The problem: Output all of the data verbatim.

Input records:
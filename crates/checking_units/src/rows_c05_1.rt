//! C05: name is not declared: what the definition of checking answers.
ghost use Rattle.std.specs.Prelude.{◌≡◌};
ghost use Rattle.checking_units.specs.Parts.{outcome, breaks};
ghost use Rattle.checking_units.specs.RowsC051 as rows;

/// C05: name is not declared.
pub fn rows_c05_1()
    ensures c05_1 { outcome rows.c05_1 ≡ breaks 5 22 }
    ensures c05_2 { outcome rows.c05_2 ≡ breaks 5 6 }
    ensures c05_3 { outcome rows.c05_3 ≡ breaks 5 6 }
    ensures c05_4 { outcome rows.c05_4 ≡ breaks 5 58 }
    ensures c05_5 { outcome rows.c05_5 ≡ breaks 5 12 }
    ensures c05_6 { outcome rows.c05_6 ≡ breaks 5 10 }
    ensures c05_7 { outcome rows.c05_7 ≡ breaks 5 20 }
    ensures c05_8 { outcome rows.c05_8 ≡ breaks 5 45 }
    ensures c05_9 { outcome rows.c05_9 ≡ breaks 5 7 }
    ensures c05_10 { outcome rows.c05_10 ≡ breaks 5 10 }
    ensures c05_11 { outcome rows.c05_11 ≡ breaks 5 17 }
    ensures c05_12 { outcome rows.c05_12 ≡ breaks 5 13 }
    ensures c05_13 { outcome rows.c05_13 ≡ breaks 5 53 }
    ensures c05_14 { outcome rows.c05_14 ≡ breaks 5 25 }
    ensures c05_15 { outcome rows.c05_15 ≡ breaks 5 23 }
    ensures c05_16 { outcome rows.c05_16 ≡ breaks 5 49 }
    ensures c05_17 { outcome rows.c05_17 ≡ breaks 5 13 }
    ensures c05_18 { outcome rows.c05_18 ≡ breaks 5 45 }
    ensures c05_19 { outcome rows.c05_19 ≡ breaks 5 77 }
    ensures c05_20 { outcome rows.c05_20 ≡ breaks 5 34 }
    ensures c05_21 { outcome rows.c05_21 ≡ breaks 5 46 }
    ensures c05_22 { outcome rows.c05_22 ≡ breaks 5 55 }
    ensures c05_23 { outcome rows.c05_23 ≡ breaks 5 43 }
    ensures c05_24 { outcome rows.c05_24 ≡ breaks 5 47 }
{}
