//! C44: deferred statement is left: what the definition of checking answers.
ghost use Rattle.std.specs.Prelude.{◌≡◌};
ghost use Rattle.checking_units.specs.Parts.{outcome, breaks};
ghost use Rattle.checking_units.specs.RowsC44 as rows;

/// C44: deferred statement is left.
pub fn rows_c44()
    ensures c44_1 { outcome rows.c44_1 ≡ breaks 44 34 }
    ensures c44_2 { outcome rows.c44_2 ≡ breaks 44 24 }
    ensures c44_3 { outcome rows.c44_3 ≡ breaks 44 48 }
    ensures c44_4 { outcome rows.c44_4 ≡ breaks 44 21 }
    ensures c44_5 { outcome rows.c44_5 ≡ breaks 44 40 }
{}
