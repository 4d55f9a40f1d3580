//! C28: type is impossible: what the definition of checking answers.
ghost use Rattle.std.specs.Prelude.{◌≡◌};
ghost use Rattle.checking_units.specs.Parts.{outcome, breaks};
ghost use Rattle.checking_units.specs.RowsC28 as rows;

/// C28: type is impossible.
pub fn rows_c28()
    ensures c28_1 { outcome rows.c28_1 ≡ breaks 28 1 }
    ensures c28_2 { outcome rows.c28_2 ≡ breaks 28 15 }
    ensures c28_3 { outcome rows.c28_3 ≡ breaks 28 5 }
    ensures c28_4 { outcome rows.c28_4 ≡ breaks 28 24 }
    ensures c28_5 { outcome rows.c28_5 ≡ breaks 28 5 }
    ensures c28_6 { outcome rows.c28_6 ≡ breaks 28 5 }
    ensures c28_7 { outcome rows.c28_7 ≡ breaks 28 14 }
    ensures c28_8 { outcome rows.c28_8 ≡ breaks 28 24 }
    ensures c28_9 { outcome rows.c28_9 ≡ breaks 28 7 }
    ensures c28_10 { outcome rows.c28_10 ≡ breaks 28 7 }
    ensures c28_11 { outcome rows.c28_11 ≡ breaks 28 12 }
    ensures c28_12 { outcome rows.c28_12 ≡ breaks 28 7 }
    ensures c28_13 { outcome rows.c28_13 ≡ breaks 28 7 }
    ensures c28_14 { outcome rows.c28_14 ≡ breaks 28 10 }
    ensures c28_15 { outcome rows.c28_15 ≡ breaks 28 13 }
    ensures c28_16 { outcome rows.c28_16 ≡ breaks 28 27 }
    ensures c28_17 { outcome rows.c28_17 ≡ breaks 28 16 }
    ensures c28_18 { outcome rows.c28_18 ≡ breaks 28 16 }
    ensures c28_19 { outcome rows.c28_19 ≡ breaks 28 5 }
{}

Result of this exercise:
filename crates/checking_units/src/rows_c05_1.rt
//! C05: name is not declared: what the definition of checking answers.
ghost use Rattle.std.specs.Prelude.{◌≡◌};
ghost use Rattle.checking_units.specs.Parts.{outcome, breaks};
ghost use Rattle.checking_units.specs.RowsC051 as rows;

/// C05: name is not declared.
pub fn rows_c05_1()
    ensures c05_1 { outcome rows.c05_1 ≡ breaks 5 22 }
    ensures c05_2 { outcome rows.c05_2 ≡ breaks 5 6 }
    ensures c05_3 { outcome rows.c05_3 ≡ breaks 5 6 }
    ensures c05_4 { outcome rows.c05_4 ≡ breaks 5 58 }
    ensures c05_5 { outcome rows.c05_5 ≡ breaks 5 12 }
    ensures c05_6 { outcome rows.c05_6 ≡ breaks 5 10 }
    ensures c05_7 { outcome rows.c05_7 ≡ breaks 5 20 }
    ensures c05_8 { outcome rows.c05_8 ≡ breaks 5 45 }
    ensures c05_9 { outcome rows.c05_9 ≡ breaks 5 7 }
    ensures c05_10 { outcome rows.c05_10 ≡ breaks 5 10 }
    ensures c05_11 { outcome rows.c05_11 ≡ breaks 5 17 }
    ensures c05_12 { outcome rows.c05_12 ≡ breaks 5 13 }
    ensures c05_13 { outcome rows.c05_13 ≡ breaks 5 53 }
    ensures c05_14 { outcome rows.c05_14 ≡ breaks 5 25 }
    ensures c05_15 { outcome rows.c05_15 ≡ breaks 5 23 }
    ensures c05_16 { outcome rows.c05_16 ≡ breaks 5 49 }
    ensures c05_17 { outcome rows.c05_17 ≡ breaks 5 13 }
    ensures c05_18 { outcome rows.c05_18 ≡ breaks 5 45 }
    ensures c05_19 { outcome rows.c05_19 ≡ breaks 5 77 }
    ensures c05_20 { outcome rows.c05_20 ≡ breaks 5 34 }
    ensures c05_21 { outcome rows.c05_21 ≡ breaks 5 46 }
    ensures c05_22 { outcome rows.c05_22 ≡ breaks 5 55 }
    ensures c05_23 { outcome rows.c05_23 ≡ breaks 5 43 }
    ensures c05_24 { outcome rows.c05_24 ≡ breaks 5 47 }
{}
//! C44: deferred statement is left: what the definition of checking answers.
ghost use Rattle.std.specs.Prelude.{◌≡◌};
ghost use Rattle.checking_units.specs.Parts.{outcome, breaks};
ghost use Rattle.checking_units.specs.RowsC44 as rows;

/// C44: deferred statement is left.
pub fn rows_c44()
    ensures c44_1 { outcome rows.c44_1 ≡ breaks 44 34 }
    ensures c44_2 { outcome rows.c44_2 ≡ breaks 44 24 }
    ensures c44_3 { outcome rows.c44_3 ≡ breaks 44 48 }
    ensures c44_4 { outcome rows.c44_4 ≡ breaks 44 21 }
    ensures c44_5 { outcome rows.c44_5 ≡ breaks 44 40 }
{}
repository 4d55f9a40f1d3580
//! C28: type is impossible: what the definition of checking answers.
ghost use Rattle.std.specs.Prelude.{◌≡◌};
ghost use Rattle.checking_units.specs.Parts.{outcome, breaks};
ghost use Rattle.checking_units.specs.RowsC28 as rows;

/// C28: type is impossible.
pub fn rows_c28()
    ensures c28_1 { outcome rows.c28_1 ≡ breaks 28 1 }
    ensures c28_2 { outcome rows.c28_2 ≡ breaks 28 15 }
    ensures c28_3 { outcome rows.c28_3 ≡ breaks 28 5 }
    ensures c28_4 { outcome rows.c28_4 ≡ breaks 28 24 }
    ensures c28_5 { outcome rows.c28_5 ≡ breaks 28 5 }
    ensures c28_6 { outcome rows.c28_6 ≡ breaks 28 5 }
    ensures c28_7 { outcome rows.c28_7 ≡ breaks 28 14 }
    ensures c28_8 { outcome rows.c28_8 ≡ breaks 28 24 }
    ensures c28_9 { outcome rows.c28_9 ≡ breaks 28 7 }
    ensures c28_10 { outcome rows.c28_10 ≡ breaks 28 7 }
    ensures c28_11 { outcome rows.c28_11 ≡ breaks 28 12 }
    ensures c28_12 { outcome rows.c28_12 ≡ breaks 28 7 }
    ensures c28_13 { outcome rows.c28_13 ≡ breaks 28 7 }
    ensures c28_14 { outcome rows.c28_14 ≡ breaks 28 10 }
    ensures c28_15 { outcome rows.c28_15 ≡ breaks 28 13 }
    ensures c28_16 { outcome rows.c28_16 ≡ breaks 28 27 }
    ensures c28_17 { outcome rows.c28_17 ≡ breaks 28 16 }
    ensures c28_18 { outcome rows.c28_18 ≡ breaks 28 16 }
    ensures c28_19 { outcome rows.c28_19 ≡ breaks 28 5 }
{}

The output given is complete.